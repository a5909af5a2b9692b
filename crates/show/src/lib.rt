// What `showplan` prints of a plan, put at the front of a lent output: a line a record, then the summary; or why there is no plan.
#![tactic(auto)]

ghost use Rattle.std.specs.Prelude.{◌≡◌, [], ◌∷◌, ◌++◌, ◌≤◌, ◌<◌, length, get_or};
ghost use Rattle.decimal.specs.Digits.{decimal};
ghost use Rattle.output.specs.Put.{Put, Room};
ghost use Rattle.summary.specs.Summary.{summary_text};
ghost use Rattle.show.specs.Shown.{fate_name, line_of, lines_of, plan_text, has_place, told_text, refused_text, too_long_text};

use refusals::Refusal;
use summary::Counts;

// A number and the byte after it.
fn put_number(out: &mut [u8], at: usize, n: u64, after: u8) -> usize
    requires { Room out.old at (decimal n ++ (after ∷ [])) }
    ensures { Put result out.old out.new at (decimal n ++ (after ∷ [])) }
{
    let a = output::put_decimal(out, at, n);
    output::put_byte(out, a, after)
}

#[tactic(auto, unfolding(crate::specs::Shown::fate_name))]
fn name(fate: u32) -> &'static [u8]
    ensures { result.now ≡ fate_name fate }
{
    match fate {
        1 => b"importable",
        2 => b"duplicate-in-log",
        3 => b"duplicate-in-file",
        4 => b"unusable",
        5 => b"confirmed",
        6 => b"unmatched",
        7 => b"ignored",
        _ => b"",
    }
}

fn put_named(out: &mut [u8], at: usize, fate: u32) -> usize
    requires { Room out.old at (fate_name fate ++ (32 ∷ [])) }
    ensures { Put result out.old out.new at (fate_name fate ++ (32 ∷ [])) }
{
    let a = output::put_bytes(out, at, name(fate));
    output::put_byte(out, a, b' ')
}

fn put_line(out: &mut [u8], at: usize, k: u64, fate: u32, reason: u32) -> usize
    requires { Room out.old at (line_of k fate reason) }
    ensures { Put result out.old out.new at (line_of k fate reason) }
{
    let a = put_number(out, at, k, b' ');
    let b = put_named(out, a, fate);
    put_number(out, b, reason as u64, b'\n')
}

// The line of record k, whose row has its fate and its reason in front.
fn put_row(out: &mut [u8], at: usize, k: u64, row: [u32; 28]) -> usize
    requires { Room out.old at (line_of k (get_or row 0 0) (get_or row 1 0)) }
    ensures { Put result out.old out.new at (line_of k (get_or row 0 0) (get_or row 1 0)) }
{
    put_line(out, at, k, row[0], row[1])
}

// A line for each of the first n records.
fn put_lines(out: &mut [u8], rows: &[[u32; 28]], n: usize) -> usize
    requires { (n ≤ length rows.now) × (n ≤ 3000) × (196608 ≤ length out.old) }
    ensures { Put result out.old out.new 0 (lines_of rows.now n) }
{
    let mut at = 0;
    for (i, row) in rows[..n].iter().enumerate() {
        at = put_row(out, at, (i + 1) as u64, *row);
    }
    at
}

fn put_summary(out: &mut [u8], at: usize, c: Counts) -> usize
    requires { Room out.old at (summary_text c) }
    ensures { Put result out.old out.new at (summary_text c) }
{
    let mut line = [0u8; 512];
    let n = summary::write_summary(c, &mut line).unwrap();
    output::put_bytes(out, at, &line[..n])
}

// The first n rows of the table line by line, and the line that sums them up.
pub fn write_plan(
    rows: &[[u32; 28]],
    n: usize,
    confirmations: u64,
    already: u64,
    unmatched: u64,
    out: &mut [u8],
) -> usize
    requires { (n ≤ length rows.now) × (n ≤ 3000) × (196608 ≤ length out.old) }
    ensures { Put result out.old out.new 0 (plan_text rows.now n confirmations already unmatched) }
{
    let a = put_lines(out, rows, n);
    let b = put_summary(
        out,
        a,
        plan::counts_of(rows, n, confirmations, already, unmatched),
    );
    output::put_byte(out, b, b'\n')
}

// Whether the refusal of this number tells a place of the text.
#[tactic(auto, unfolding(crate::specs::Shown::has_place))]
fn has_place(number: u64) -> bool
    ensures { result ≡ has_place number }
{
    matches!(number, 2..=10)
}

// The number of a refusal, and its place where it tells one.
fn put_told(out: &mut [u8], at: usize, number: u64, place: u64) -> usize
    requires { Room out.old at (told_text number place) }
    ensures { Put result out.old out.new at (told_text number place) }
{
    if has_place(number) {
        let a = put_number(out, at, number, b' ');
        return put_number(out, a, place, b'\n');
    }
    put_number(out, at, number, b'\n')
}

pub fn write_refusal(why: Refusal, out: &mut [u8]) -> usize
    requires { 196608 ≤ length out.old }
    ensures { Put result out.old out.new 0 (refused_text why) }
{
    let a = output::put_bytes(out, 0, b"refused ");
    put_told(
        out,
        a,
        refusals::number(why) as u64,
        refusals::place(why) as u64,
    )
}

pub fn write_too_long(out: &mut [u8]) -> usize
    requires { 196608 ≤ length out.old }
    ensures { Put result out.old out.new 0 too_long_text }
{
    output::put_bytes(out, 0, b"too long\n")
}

--

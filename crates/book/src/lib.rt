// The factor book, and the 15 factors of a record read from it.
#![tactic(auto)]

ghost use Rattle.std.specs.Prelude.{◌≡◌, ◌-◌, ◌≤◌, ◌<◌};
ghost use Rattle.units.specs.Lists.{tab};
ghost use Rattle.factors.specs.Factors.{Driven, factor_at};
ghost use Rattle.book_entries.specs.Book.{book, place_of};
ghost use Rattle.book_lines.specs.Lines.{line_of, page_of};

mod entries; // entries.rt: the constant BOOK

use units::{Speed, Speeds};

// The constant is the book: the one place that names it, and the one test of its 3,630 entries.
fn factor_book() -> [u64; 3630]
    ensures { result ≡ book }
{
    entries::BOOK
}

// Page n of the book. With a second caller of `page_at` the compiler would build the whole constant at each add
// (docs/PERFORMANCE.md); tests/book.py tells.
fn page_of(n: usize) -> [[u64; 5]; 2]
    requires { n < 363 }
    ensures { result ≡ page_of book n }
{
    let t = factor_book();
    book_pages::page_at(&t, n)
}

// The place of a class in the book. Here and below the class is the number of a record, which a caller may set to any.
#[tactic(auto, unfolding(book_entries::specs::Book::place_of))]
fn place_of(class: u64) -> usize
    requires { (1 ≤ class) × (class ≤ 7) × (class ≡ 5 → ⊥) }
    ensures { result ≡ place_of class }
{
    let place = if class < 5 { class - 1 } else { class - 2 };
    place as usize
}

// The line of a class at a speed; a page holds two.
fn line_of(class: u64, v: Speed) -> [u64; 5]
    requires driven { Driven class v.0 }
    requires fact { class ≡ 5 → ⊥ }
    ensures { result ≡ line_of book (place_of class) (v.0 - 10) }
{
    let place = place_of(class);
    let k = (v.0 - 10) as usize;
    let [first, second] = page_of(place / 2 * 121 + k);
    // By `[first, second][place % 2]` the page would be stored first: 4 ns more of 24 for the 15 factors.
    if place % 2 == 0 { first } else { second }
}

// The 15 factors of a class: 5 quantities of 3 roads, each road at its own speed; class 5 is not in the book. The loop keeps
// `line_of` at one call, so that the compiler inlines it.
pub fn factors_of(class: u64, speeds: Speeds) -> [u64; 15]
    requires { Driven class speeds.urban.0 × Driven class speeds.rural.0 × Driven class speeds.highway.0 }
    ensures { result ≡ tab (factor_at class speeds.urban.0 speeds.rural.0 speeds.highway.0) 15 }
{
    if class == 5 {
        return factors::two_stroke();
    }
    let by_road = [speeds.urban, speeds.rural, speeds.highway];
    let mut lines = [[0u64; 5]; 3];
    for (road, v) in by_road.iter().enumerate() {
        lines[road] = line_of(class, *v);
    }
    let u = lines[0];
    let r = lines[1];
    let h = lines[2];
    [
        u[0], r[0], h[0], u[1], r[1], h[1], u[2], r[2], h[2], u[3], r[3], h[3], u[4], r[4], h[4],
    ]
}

> [DESCRIPTION OF THE TASK]
Your answer should be the lines of the listing above between the line holding "repository a5909af5a2b9692b" and the line holding "byte after it.", inclusive, restated word for word and alone.

> [TASK RESULT]
repository a5909af5a2b9692b
filename crates/show/src/lib.rt
// What `showplan` prints of a plan, put at the front of a lent output: a line a record, then the summary; or why there is no plan.
#![tactic(auto)]

ghost use Rattle.std.specs.Prelude.{◌≡◌, [], ◌∷◌, ◌++◌, ◌≤◌, ◌<◌, length, get_or};
ghost use Rattle.decimal.specs.Digits.{decimal};
ghost use Rattle.output.specs.Put.{Put, Room};
ghost use Rattle.summary.specs.Summary.{summary_text};
ghost use Rattle.show.specs.Shown.{fate_name, line_of, lines_of, plan_text, has_place, told_text, refused_text, too_long_text};

use refusals::Refusal;
use summary::Counts;

// A number and the byte after it.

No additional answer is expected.